Rigatoni alla Disgraziata (Rigatoni with Eggplant and Bread Crumbs)
2 medium Italian eggplants, trimmed and cut into 1 ” cubes (Japanese eggplants can also be used, you’ll need about 4) – you don’t have to peel them
extra virgin olive oil
1 cup fresh bread crumbs
1 pound rigatoni
2 cups of red sauce (your favorite spaghetti sauce)
1/4 tsp. dried red pepper flakes
1/4 cup grated Ricotta Salata (feta can be used as a substitution, mozzarella could also be used)
Put eggplant into a a colander, sprinkle generously with salt, then set aside to drain for 1 hour. Rinse, then pat eggplant dry with paper towels.
Heat 2 T. of extra virgin olive oil in a large heavy-bottomed skillet over medium-high heat. Add bread crumbs and cook, stirring, until golden, 2 to 3 minutes. Transfer to a bowl and set aside.
Wipe out skillet, add enough olive oil to coat bottom, and heat over medium-high. Add half of the eggplant and cook, stirring often, until golden, 8 to 10 minutes (sometimes I have to add a bit more olive oil to the pan if the eggplant is sticking to the bottom). Transfer eggplant with a slotted spoon to a large bowl and season to taste with salt. Add a little more olive oil to the pan and repeat process with remaining eggplant.
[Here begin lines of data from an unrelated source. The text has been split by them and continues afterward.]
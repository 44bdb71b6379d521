// How a refusal is told: by a number, and an offset if one token is to blame.
ghost use Rattle.std.specs.Prelude.{◌≡◌};
ghost use Rattle.grammar.specs.Reading.{number_of, offset_of};

use crate::refusal::Refusal;

impl Refusal {
    pub fn number(&self) -> u8
        ensures { result ≡ number_of self.now }
    {
        // 1 and 4 by hand: an enum with a variant that holds data, as `At` does, cannot be cast to its discriminant, so no other form is had.
        match *self {
            Refusal::TextTooLong => 1,
            Refusal::TooManyNodes => 4,
            Refusal::At(fault) => fault.reason as u8,
        }
    }

    pub fn offset(&self) -> Option<usize>
        ensures { result ≡ offset_of self.now }
    {
        match *self {
            Refusal::TextTooLong | Refusal::TooManyNodes => None,
            Refusal::At(fault) => Some(fault.at),
        }
    }
}
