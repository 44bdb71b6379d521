// A question is asked, IRIs are looked up, and the answer is written.
use crate::words::{Spelling, write_answer};
use anyhow::anyhow;
use evaluation::{Asked, Workspace};
use judging::Judged;
use question::Draft;
use std::alloc::{AllocError, Global};
use store::Store;
use terms::Kind;
use web::Web;
use weights::Weight;

// What serves every question, so that what one leaves behind would show in the next.
#[derive(Drop)]
pub struct Bench {
    draft: Draft,
    judged: Judged,
    workspace: Workspace,
}

// A question that names an IRI.
fn naming(heap: Global, iri: &[u8]) -> Result<Vec<u8>, AllocError> {
    let mut text = Vec::new(heap);
    text.push(b'{')?;
    for _ in 0..3 {
        text.push(b'<')?;
        text.extend_from_slice(iri)?;
        text.push(b'>')?;
    }
    text.extend_from_slice(b".}")?;
    Ok(text)
}

impl Bench {
    pub fn new(heap: Global) -> Result<Bench, AllocError> {
        Ok(Bench {
            draft: Draft::new(heap)?,
            judged: Judged::new(heap)?,
            workspace: Workspace::new(heap)?,
        })
    }

    // Takes a bounded question, and gives a store that has its terms.
    pub fn ask(&mut self, heap: Global, text: &[u8]) -> anyhow::Result<Store> {
        if self.draft.read(text).is_err() || self.judged.judge(&self.draft).is_err() {
            return Err(anyhow!("it is no bounded question"));
        }
        let mut store = Store::new(heap)?;
        self.enter(&mut store)?;
        Ok(store)
    }

    fn enter(&self, store: &mut Store) -> anyhow::Result<()> {
        store
            .enter_terms(self.judged.question())
            .map_err(|_| anyhow!("the question's terms do not fit"))
    }

    // Looks an IRI up. A store looks up its own terms only, so a question that names the IRI enters first.
    pub fn record<W: Web>(
        &mut self,
        heap: Global,
        store: &mut Store,
        web: &W,
        iri: &[u8],
    ) -> anyhow::Result<()> {
        let text = naming(heap, iri)?;
        if self.draft.read(text.as_slice()).is_err() {
            return Err(anyhow!("it is no IRI"));
        }
        store
            .enter_terms(self.draft.question())
            .map_err(|_| anyhow!("the IRI does not fit"))?;
        let number = store
            .terms()
            .number(Kind::Iri, iri)
            .ok_or_else(|| anyhow!("the IRI has no number"))?;
        store
            .look(web, number)
            .map_err(|_| anyhow!("the record is full"))
    }

    // Evaluates the question over what was looked up.
    pub fn write<K: Weight>(
        &mut self,
        kind: &K,
        spelling: Spelling,
        store: &mut Store,
        out: &mut Vec<u8>,
    ) -> anyhow::Result<()> {
        // The store has the numbers of the terms that entered last.
        self.enter(store)?;
        let Some(asked) = Asked::new(&self.judged, store.numbers()) else {
            return Err(anyhow!("a term has no number"));
        };
        match self.workspace.evaluate(kind, &asked, &store.shelf()) {
            Ok(()) => {
                let variables = self.judged.question().variables();
                write_answer(&self.workspace, variables, spelling, store, out)
            }
            Err(_) => {
                out.extend_from_slice(b"too many")?;
                Ok(())
            }
        }
    }
}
Cook pasta in a large pot of boiling salted water over high heat until just tender. Put red sauce and red pepper flakes into a small pot ans warm over medium heat, about 5 minutes. Drain pasta and add to bowl with eggplant. Add warmed red sauce, Ricotta Salata, and bread crumbs and toss well. Serve sprinkled with freshly grated Parmigiano-Reggiano.